▶ _ACTIVITY_
Across the entries below, how many lines contain the string "then"? Give only the count.

▶ _STUDY MATERIAL_
↓↓↓

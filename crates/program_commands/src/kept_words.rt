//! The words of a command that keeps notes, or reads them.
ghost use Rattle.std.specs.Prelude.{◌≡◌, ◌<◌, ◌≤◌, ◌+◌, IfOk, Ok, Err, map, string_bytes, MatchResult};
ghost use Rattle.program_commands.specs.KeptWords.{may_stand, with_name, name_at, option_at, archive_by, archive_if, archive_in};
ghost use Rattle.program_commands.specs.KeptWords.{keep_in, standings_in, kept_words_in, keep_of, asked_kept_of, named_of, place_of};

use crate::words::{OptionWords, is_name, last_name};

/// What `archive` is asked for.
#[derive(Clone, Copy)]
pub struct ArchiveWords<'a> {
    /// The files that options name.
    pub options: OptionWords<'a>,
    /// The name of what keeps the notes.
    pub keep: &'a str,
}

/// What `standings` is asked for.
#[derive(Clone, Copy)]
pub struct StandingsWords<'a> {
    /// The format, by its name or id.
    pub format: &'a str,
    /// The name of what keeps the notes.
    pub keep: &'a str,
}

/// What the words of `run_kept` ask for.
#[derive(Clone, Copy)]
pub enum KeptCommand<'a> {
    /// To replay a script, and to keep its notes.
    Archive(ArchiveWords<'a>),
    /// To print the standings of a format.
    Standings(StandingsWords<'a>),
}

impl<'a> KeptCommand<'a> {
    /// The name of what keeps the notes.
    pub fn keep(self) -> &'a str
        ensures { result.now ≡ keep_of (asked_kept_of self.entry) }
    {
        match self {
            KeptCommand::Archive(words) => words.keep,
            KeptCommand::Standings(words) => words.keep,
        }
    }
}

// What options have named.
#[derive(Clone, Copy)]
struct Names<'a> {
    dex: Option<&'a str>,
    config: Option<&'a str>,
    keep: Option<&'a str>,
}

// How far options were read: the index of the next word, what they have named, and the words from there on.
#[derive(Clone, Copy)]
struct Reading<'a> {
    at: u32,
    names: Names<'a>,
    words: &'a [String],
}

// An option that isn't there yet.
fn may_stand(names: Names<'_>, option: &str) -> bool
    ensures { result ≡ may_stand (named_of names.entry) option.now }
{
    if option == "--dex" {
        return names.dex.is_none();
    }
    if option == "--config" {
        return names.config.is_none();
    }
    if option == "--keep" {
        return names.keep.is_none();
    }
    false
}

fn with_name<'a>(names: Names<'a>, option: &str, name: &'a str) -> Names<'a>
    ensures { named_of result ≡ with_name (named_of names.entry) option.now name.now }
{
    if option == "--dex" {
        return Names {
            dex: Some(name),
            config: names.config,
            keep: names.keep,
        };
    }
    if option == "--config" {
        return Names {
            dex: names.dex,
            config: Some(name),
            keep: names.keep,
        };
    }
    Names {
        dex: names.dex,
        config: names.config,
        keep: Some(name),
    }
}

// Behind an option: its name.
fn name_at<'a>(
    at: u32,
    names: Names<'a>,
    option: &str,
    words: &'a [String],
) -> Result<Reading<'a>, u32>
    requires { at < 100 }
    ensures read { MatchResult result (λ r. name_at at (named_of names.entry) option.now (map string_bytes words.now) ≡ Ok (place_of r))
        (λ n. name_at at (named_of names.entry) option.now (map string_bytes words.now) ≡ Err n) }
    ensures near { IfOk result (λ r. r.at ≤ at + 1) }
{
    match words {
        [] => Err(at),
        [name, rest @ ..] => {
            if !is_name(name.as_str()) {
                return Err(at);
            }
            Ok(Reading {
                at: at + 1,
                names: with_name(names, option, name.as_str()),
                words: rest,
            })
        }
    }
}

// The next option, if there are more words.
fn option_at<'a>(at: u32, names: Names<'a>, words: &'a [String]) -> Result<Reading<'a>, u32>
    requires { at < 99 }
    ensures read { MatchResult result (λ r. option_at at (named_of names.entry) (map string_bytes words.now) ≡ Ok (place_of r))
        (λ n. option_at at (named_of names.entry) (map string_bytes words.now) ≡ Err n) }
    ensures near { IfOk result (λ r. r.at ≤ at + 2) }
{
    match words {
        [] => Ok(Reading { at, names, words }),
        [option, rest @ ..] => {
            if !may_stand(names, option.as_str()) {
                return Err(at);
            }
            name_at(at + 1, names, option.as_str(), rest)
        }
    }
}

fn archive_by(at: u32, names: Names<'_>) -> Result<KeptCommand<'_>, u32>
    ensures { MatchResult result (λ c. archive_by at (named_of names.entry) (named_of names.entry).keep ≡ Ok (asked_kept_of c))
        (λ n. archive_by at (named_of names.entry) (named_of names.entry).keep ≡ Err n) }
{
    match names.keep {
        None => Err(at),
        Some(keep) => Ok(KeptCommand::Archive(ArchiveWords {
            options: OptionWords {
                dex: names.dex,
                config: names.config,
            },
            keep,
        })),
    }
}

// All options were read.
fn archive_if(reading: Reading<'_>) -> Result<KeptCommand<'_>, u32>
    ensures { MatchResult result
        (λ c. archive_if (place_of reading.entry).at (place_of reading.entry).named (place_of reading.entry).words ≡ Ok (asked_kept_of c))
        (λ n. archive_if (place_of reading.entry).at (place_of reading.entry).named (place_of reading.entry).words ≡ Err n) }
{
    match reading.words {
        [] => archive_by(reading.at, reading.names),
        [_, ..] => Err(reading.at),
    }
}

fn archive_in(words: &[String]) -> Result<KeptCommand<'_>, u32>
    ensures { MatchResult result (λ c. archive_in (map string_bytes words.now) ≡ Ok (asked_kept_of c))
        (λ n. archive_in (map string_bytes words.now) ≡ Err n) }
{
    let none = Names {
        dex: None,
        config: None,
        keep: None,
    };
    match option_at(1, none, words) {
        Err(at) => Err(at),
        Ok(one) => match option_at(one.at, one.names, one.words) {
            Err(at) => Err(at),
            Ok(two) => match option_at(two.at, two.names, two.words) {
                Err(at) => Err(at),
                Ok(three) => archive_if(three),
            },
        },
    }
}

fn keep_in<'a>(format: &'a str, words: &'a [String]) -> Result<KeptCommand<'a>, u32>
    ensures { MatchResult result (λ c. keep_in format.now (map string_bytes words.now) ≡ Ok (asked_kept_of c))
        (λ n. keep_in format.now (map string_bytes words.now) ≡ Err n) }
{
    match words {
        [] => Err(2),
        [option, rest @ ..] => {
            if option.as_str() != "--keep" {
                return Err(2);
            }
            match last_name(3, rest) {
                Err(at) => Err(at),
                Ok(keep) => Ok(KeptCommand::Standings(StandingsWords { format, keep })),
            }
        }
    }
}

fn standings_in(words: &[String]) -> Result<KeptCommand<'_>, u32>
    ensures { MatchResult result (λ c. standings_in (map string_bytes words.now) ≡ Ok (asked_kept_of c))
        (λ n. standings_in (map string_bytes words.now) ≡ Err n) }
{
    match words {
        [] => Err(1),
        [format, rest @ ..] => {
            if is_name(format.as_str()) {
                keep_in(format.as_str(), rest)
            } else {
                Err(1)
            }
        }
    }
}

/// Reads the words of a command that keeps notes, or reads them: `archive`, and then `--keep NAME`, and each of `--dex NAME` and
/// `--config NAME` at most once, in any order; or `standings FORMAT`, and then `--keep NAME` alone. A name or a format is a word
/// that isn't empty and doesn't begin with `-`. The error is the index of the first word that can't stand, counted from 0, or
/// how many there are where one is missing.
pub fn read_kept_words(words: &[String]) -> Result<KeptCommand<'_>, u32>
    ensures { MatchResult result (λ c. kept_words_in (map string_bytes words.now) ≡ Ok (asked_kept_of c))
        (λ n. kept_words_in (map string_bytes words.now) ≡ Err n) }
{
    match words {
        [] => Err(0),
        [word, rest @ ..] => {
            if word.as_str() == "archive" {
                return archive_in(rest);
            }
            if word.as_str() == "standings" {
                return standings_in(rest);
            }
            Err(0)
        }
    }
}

↑↑↑
↓↓↓

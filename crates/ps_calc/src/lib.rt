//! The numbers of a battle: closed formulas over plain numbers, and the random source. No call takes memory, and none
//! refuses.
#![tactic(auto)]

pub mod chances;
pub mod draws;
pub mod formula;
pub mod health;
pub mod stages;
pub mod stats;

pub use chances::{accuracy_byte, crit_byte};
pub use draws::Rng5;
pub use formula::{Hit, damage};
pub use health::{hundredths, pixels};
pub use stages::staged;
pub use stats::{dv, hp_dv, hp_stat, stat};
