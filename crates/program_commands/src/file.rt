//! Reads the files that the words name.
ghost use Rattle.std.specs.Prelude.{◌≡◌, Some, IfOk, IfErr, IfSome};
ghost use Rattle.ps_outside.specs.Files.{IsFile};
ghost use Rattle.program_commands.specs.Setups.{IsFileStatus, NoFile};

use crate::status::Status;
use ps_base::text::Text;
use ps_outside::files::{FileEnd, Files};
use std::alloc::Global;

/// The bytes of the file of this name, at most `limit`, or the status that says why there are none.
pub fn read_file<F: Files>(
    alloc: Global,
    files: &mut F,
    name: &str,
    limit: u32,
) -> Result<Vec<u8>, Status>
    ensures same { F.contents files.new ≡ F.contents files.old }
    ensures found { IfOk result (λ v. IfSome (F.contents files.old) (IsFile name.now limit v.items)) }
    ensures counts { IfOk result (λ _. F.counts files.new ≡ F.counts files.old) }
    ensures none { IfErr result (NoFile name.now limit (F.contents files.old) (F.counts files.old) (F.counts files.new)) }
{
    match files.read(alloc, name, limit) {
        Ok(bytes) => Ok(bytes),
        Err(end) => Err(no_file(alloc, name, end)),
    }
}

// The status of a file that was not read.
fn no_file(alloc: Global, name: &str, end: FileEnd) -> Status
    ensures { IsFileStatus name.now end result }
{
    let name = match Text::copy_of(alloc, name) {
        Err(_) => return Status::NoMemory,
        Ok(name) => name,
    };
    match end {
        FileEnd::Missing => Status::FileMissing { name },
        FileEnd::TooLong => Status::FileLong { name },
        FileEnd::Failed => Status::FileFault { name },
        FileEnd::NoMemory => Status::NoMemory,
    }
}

↑↑↑

▶ _ANSWER BELOW_
2